▼
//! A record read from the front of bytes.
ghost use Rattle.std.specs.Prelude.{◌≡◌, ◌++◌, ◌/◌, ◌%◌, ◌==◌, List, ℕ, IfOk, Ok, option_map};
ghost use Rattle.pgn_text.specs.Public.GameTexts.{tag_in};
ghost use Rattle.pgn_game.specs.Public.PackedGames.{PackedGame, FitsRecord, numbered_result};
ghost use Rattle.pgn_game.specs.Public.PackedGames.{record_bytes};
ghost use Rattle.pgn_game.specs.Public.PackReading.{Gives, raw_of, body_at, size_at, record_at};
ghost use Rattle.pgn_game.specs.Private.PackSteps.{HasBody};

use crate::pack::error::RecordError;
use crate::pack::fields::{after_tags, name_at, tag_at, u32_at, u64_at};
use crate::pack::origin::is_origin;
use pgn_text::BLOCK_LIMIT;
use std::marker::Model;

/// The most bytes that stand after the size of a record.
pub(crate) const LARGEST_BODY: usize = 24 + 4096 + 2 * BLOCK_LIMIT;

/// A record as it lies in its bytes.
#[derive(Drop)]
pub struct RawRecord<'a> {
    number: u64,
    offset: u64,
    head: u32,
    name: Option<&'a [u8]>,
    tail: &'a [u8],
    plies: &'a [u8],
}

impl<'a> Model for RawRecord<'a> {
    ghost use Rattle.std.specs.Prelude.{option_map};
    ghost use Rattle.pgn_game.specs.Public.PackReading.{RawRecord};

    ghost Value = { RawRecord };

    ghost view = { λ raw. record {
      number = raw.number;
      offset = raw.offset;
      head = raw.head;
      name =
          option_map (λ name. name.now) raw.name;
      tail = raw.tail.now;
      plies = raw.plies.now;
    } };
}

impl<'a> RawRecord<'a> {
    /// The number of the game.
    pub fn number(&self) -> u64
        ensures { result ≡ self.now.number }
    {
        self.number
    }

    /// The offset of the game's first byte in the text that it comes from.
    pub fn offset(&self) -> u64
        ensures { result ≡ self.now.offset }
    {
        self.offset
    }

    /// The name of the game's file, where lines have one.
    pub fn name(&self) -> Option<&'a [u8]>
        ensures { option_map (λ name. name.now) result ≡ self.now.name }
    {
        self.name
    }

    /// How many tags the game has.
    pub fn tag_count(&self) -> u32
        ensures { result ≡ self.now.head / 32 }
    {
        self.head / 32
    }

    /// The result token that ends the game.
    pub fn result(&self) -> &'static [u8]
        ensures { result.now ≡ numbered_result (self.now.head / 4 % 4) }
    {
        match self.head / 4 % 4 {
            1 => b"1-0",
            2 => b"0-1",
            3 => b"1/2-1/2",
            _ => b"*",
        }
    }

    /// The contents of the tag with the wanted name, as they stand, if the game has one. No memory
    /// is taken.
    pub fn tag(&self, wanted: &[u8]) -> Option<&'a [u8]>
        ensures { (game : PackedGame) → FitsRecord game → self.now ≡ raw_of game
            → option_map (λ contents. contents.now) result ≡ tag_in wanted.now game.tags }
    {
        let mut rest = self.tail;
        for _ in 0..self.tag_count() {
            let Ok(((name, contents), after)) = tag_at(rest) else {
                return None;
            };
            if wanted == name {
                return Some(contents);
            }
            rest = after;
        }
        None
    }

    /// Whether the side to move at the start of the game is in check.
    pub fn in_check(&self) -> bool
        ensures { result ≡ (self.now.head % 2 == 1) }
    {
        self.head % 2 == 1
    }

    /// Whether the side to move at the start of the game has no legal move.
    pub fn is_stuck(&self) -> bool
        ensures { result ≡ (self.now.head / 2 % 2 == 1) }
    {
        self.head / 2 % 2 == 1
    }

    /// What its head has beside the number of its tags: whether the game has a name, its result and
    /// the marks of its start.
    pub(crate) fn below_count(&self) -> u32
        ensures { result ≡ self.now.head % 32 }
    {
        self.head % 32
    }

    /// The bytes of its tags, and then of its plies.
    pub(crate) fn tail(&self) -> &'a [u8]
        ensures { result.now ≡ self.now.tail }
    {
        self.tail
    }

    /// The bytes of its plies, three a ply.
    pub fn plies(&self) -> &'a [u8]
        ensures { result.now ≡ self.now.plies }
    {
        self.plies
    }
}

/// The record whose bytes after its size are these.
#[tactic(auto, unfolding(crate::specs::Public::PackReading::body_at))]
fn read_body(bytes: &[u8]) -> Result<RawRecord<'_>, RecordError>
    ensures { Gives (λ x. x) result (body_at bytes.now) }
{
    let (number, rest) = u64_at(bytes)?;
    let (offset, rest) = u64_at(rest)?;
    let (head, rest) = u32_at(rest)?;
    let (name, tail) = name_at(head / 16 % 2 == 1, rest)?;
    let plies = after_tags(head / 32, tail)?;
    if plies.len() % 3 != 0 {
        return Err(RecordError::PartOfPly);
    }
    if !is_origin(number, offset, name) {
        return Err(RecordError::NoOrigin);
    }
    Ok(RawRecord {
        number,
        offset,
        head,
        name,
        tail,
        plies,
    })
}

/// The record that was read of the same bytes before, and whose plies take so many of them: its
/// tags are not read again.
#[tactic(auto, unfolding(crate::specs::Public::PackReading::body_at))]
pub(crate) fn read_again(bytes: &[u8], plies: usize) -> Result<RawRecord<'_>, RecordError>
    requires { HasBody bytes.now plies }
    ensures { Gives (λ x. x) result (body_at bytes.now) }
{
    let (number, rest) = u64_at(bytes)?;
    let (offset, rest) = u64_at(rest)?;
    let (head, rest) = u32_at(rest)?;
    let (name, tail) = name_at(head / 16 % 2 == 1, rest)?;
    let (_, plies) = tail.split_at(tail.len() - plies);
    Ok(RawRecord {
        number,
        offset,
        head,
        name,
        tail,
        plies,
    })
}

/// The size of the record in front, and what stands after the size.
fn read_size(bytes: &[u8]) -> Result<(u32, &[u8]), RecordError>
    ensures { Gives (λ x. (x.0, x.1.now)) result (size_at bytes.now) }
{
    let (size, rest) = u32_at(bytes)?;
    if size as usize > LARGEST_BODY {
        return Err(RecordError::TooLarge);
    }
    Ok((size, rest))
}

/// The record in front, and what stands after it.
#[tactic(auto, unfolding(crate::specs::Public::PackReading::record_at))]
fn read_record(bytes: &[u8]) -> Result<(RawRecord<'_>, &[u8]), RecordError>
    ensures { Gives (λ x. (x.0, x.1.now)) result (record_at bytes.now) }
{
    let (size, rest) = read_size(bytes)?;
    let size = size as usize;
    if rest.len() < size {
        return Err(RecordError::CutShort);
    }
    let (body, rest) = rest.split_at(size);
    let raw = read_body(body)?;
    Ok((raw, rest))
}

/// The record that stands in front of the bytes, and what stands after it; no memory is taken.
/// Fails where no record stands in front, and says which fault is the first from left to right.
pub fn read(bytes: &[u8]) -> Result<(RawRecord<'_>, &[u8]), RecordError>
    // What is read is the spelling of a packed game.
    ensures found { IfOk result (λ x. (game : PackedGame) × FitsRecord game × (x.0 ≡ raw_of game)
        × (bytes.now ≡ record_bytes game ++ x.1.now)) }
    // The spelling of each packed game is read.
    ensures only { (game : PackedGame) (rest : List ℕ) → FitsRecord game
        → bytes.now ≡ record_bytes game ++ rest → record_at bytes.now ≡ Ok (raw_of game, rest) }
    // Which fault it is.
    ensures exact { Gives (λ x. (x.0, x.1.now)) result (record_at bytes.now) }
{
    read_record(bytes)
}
▲
Work request »
The response must contain each line above that holds the string "return".

Response to this exercise »
                return None;
                return Some(contents);
        return Err(RecordError::PartOfPly);
        return Err(RecordError::NoOrigin);
        return Err(RecordError::TooLarge);
        return Err(RecordError::CutShort);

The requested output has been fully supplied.